Fourier Transform with both Time Delay and Frequency Shift

Question

I know that the Fourier transform of a function with time delay can be written as: $$\mathscr{F}\big\{x(t-t_0)\big\}=X(f)e^{-j2\pi f t_0}$$

The Fourier transform of a function with frequency shift can also be written as: $$\mathscr{F}\Big\{x(t)e^{j2\pi f_0 t}\Big\}=X(f-f_0)$$

So what if we have both shift and delay at the time domain, what will be the result in the frequency domain? E.g.:

$$\mathscr{F}\Big\{x(t-t_0)e^{j2\pi f_0 (t-t_0)}\Big\}$$

Will the result be: $$X(f-f_0)e^{-j 2 \pi f (t-t_0)}$$

Also what will be the result of:

$$\mathscr{F}\Big\{x(t-t_0)e^{j2\pi f_0 t)}\Big\}$$

Is there an order to apply these properties?

Answer 1

If you are ever unsure, just go back to the definition and work out the Fourier Transform property for the specific situation:

$$\begin{align*}\mathscr{F}\left\{x\left(t-t_0\right)e^{j2\pi f_0\left(t-t_0\right)}\right\} &= \int_{-\infty}^\infty x\left(t-t_0\right)e^{j2\pi f_0\left(t-t_0\right)} e^{-j2\pi f t}dt\\ \\ &= \int_{-\infty}^\infty x\left(\tau\right)e^{j2\pi f_0\tau} e^{-j2\pi f \left(\tau+t_0\right)}d\tau \\ \\ &= e^{-j2\pi ft_0}\int_{-\infty}^\infty x\left(\tau\right)e^{j2\pi f_0\tau} e^{-j2\pi f \tau}d\tau \\ \\ &= e^{-j2\pi ft_0}\int_{-\infty}^\infty x\left(\tau\right) e^{-j2\pi (f-f_0) \tau}d\tau \\ \\ &= e^{-j2\pi ft_0} X(f-f_0)\\ \\ \end{align*}$$

$$\begin{align*}\mathscr{F}\left\{x\left(t-t_0\right)e^{j2\pi f_0 t}\right\} &= \int_{-\infty}^\infty x\left(t-t_0\right)e^{j2\pi f_0t} e^{-j2\pi f t}dt\\ \\ &= \int_{-\infty}^\infty x\left(\tau\right)e^{j2\pi f_0(\tau+t_0)} e^{-j2\pi f \left(\tau+t_0\right)}d\tau \\ \\ &= e^{-j2\pi (f-f_0)t_0}\int_{-\infty}^\infty x\left(\tau\right)e^{j2\pi f_0\tau} e^{-j2\pi f \tau}d\tau \\ \\ &= e^{-j2\pi (f-f_0)t_0}\int_{-\infty}^\infty x\left(\tau\right) e^{-j2\pi (f-f_0) \tau}d\tau \\ \\ &= e^{-j2\pi (f-f_0)t_0} X(f-f_0)\\ \\ \end{align*}$$

Answer 2

As an alternative to going back to the definitions, as explained in Andy Walls' answer, you can also just apply the rules as you stated them:

$$\mathcal{F}\left\{x(t-t_0)e^{j2\pi f_0(t-t_0)}\right\}=\mathcal{F}\left\{x(t)e^{j2\pi f_0t}\right\}e^{-j2\pi ft_0}=X(f-f_0)e^{-j2\pi ft_0}$$

where $X(f)$ is the Fourier transform of $x(t)$.
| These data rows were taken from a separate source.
// A book that is formed front to back, up to where it would pass the longest book's end.
// Uses answer, limits, output, terms, and the definitions of jobs.
#![tactic(auto)]

ghost use Rattle.std.specs.Prelude.{◌≡◌, [], ◌∷◌, ◌+◌, ◌≤◌, length, take};
ghost use Rattle.answer.specs.declared.Reason.TheVariants.{TooLong};
ghost use Rattle.limits.specs.Limits.{max_length};
ghost use Rattle.output.specs.Written.{written, two_bytes};
ghost use Rattle.jobs.specs.Convert.{facts_bytes};
ghost use Rattle.appending.specs.Appended.{Appended};

use answer::{Reason, Refusal};
use std::marker::Model;
use terms::Fact;

// The error of an append: the book would be longer than the longest, by however much.
#[derive(Clone, Copy, Debug, PartialEq, Eq)]
pub struct PastEnd;

impl From<PastEnd> for Refusal {
    ghost from_gives = { λ _ r. r ≡ record { reason = TooLong; place = 0 } };

    fn from(_e: PastEnd) -> Refusal {
        Reason::TooLong.at(0)
    }
}

// A book as far as it is formed, in memory for the longest one.
#[derive(Drop)]
pub struct Draft {
    bytes: [u8; limits::MAX_LENGTH],
    len: usize,
}

// Clauses see the bytes that are formed.
impl Model for Draft {
    ghost use Rattle.std.specs.Prelude.{ℕ, ◌≤◌, List, take};
    ghost use Rattle.limits.specs.Limits.{max_length};

    ghost Value = { List ℕ };

    ghost view = { λ d. take d.len d.bytes };

    ghost invariant = { λ d. d.len ≤ max_length };
}

impl Draft {
    pub fn new() -> Draft
        ensures { result ≡ [] }
    {
        Draft {
            bytes: [0; limits::MAX_LENGTH],
            len: 0,
        }
    }

    // The book that is formed at the front of memory that the caller has.
    pub fn of(bytes: [u8; limits::MAX_LENGTH], len: usize) -> Draft
        requires { len ≤ max_length }
        ensures { result ≡ take len bytes }
    {
        Draft { bytes, len }
    }

    // Nothing is formed any more.
    pub fn clear(&mut self)
        ensures { self.new ≡ [] }
    {
        self.len = 0;
    }

    pub fn len(&self) -> usize
        ensures { (result ≡ length self.now) × (result ≤ max_length) }
    {
        self.len
    }

    pub fn bytes(&self) -> &[u8]
        ensures { (result.now ≡ self.now) × (length self.now ≤ max_length) }
    {
        &self.bytes[..self.len]
    }

    pub fn append(&mut self, bytes: &[u8]) -> Result<(), PastEnd>
        ensures { Appended bytes.now self.old self.new result }
    {
        if limits::MAX_LENGTH - self.len < bytes.len() {
            return Err(PastEnd);
        }
        output::write_bytes(&mut self.bytes, self.len, bytes);
        self.len += bytes.len();
        Ok(())
    }

    #[inline(always)]
    pub fn append_fact(&mut self, f: Fact) -> Result<(), PastEnd>
        ensures { Appended (facts_bytes (f ∷ [])) self.old self.new result }
    {
        let at = self.len;
        if limits::MAX_LENGTH < at + limits::FACT_SIZE {
            return Err(PastEnd);
        }
        // Three stores: `append` of an array takes longer, here once per fact.
        self.bytes[at] = f.relation.0;
        self.bytes[at + 1] = f.first.0;
        self.bytes[at + 2] = f.second.0;
        self.len = at + limits::FACT_SIZE;
        Ok(())
    }

    // A two-byte number in place of the one at an offset.
    pub fn renew_two(&mut self, at: usize, n: usize)
        requires { at + 2 ≤ length self.old }
        ensures { self.new ≡ written self.old at (two_bytes n) }
    {
        output::write_two(&mut self.bytes, at, n);
    }
}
And, for your second example, with $\tilde{X}(f)=\mathcal{F}\{x(t-t_0)\}=X(f)e^{-j2\pi ft_0}$ you get

$$\mathcal{F}\left\{x(t-t_0)e^{j2\pi f_0t}\right\}=\tilde{X}(f-f_0)=X(f-f_0)e^{-j2\pi (f-f_0)t_0}$$

Of course, recognizing that the function in the second example just equals the first function scaled by $e^{j2\pi f_0t_0}$, we could have written down its Fourier transform directly by scaling the Fourier transform of the first function by the same factor.